▶

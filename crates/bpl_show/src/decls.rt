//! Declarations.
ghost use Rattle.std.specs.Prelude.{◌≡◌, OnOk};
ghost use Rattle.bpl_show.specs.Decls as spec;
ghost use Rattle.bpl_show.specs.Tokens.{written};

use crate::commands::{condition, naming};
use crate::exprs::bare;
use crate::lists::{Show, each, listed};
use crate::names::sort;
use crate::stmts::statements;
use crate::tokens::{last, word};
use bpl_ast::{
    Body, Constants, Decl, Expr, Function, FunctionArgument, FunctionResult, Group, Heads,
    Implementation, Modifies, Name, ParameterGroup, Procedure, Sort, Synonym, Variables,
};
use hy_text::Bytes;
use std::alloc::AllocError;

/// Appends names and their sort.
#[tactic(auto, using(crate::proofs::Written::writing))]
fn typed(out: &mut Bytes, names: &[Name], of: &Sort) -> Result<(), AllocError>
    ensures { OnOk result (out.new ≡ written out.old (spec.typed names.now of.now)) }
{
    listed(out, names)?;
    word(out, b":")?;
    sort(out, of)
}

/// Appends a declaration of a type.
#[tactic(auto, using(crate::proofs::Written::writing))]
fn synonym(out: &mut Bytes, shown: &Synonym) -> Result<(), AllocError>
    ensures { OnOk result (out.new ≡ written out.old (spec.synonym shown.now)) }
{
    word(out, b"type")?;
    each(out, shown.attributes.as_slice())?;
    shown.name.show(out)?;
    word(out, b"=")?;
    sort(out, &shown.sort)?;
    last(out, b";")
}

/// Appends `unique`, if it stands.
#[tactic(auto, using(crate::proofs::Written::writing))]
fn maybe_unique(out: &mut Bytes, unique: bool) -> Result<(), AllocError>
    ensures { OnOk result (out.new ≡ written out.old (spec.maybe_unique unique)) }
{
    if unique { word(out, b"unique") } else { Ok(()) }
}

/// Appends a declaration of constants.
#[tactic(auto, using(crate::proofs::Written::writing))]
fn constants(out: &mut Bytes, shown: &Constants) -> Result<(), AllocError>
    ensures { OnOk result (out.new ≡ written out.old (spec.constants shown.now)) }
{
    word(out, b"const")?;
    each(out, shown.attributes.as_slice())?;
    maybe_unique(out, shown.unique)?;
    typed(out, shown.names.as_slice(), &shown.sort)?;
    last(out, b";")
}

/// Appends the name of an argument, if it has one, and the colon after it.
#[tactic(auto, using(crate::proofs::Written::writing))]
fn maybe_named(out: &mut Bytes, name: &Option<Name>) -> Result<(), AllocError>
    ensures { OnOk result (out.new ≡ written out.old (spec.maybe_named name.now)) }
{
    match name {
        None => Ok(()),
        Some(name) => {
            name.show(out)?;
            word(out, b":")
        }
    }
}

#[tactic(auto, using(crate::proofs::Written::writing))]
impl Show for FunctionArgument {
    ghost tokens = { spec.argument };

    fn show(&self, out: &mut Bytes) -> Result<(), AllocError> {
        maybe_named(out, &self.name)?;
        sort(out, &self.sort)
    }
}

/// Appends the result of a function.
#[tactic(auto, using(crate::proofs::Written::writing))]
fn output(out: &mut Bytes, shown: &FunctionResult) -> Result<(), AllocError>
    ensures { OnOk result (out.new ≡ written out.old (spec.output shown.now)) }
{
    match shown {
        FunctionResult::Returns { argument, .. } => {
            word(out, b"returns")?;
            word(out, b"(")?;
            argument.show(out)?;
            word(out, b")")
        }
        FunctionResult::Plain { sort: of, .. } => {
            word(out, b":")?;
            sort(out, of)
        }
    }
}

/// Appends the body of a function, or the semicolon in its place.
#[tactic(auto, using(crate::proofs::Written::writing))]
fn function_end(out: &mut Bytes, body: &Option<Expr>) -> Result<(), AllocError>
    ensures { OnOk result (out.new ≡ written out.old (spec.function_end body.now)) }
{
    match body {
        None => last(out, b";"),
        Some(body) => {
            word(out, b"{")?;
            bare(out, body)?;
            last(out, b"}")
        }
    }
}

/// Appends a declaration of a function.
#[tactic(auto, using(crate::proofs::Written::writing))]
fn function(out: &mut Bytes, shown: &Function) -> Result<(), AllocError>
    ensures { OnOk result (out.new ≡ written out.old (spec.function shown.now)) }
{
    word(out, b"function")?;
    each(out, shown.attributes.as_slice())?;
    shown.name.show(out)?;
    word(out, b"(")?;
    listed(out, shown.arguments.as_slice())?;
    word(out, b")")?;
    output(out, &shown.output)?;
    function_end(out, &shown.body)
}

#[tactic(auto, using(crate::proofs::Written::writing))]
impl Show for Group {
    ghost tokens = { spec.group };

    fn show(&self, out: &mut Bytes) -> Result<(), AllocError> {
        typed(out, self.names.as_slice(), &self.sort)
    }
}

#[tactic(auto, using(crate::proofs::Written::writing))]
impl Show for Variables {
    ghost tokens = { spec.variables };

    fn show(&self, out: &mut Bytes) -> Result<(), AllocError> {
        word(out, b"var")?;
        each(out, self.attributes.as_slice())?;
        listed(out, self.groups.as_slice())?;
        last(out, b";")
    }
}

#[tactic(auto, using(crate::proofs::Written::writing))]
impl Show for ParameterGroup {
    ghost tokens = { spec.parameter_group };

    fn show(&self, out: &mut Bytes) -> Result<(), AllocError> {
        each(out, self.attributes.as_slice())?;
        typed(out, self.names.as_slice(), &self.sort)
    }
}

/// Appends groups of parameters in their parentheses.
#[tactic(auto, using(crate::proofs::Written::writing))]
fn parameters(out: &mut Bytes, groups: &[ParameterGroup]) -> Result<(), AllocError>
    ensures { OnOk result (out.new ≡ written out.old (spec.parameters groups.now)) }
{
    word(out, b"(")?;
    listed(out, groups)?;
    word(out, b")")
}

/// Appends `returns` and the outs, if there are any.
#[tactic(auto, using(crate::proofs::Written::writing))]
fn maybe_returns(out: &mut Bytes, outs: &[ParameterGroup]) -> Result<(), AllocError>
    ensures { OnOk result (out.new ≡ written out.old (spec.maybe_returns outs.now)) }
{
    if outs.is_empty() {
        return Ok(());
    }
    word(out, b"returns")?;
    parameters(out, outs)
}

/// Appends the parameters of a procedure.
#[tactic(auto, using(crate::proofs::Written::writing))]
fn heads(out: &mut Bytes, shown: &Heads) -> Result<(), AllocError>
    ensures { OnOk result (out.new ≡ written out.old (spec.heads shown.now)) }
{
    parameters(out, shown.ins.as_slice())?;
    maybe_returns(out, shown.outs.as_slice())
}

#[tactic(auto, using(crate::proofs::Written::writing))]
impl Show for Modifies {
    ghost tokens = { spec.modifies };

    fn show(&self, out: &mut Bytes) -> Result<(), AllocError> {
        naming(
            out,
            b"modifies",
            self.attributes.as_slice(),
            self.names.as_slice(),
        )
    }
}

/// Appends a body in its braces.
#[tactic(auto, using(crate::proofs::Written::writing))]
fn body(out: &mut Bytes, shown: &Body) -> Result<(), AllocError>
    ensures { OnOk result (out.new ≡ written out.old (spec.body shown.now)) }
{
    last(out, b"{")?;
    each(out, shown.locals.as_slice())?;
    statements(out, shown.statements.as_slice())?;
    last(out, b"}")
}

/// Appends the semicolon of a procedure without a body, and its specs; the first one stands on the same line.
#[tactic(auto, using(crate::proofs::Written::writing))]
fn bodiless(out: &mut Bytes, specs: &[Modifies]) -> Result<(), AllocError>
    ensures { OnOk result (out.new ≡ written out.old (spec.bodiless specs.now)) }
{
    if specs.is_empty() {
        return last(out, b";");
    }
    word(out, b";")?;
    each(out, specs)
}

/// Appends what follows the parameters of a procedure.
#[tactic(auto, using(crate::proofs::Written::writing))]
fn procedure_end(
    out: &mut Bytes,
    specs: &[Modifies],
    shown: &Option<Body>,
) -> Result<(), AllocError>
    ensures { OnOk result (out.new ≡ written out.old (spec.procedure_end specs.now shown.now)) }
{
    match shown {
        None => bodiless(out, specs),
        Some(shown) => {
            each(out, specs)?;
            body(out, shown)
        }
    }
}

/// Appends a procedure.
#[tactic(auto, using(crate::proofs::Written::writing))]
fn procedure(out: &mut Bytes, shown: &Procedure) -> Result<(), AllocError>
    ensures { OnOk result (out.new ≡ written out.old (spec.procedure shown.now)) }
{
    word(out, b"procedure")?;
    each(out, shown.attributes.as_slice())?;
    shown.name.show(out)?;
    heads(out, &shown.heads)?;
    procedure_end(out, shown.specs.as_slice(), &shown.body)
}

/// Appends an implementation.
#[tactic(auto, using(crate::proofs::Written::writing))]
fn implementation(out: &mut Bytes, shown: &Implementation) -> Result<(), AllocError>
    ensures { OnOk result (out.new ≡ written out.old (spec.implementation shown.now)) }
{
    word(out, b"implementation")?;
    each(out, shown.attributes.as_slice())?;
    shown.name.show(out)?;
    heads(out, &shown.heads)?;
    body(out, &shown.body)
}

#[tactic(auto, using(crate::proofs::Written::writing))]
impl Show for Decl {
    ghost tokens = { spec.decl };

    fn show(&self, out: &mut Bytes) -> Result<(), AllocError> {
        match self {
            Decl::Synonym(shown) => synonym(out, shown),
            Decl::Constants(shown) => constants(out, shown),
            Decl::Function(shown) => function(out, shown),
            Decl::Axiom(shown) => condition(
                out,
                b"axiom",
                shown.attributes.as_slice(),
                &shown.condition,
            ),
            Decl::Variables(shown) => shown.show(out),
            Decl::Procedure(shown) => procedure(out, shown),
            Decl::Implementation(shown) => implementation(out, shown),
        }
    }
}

◀

Problem to solve — Show each line of the material holding "output".

Exercise response —
fn output(out: &mut Bytes, shown: &FunctionResult) -> Result<(), AllocError>
    ensures { OnOk result (out.new ≡ written out.old (spec.output shown.now)) }
    output(out, &shown.output)?;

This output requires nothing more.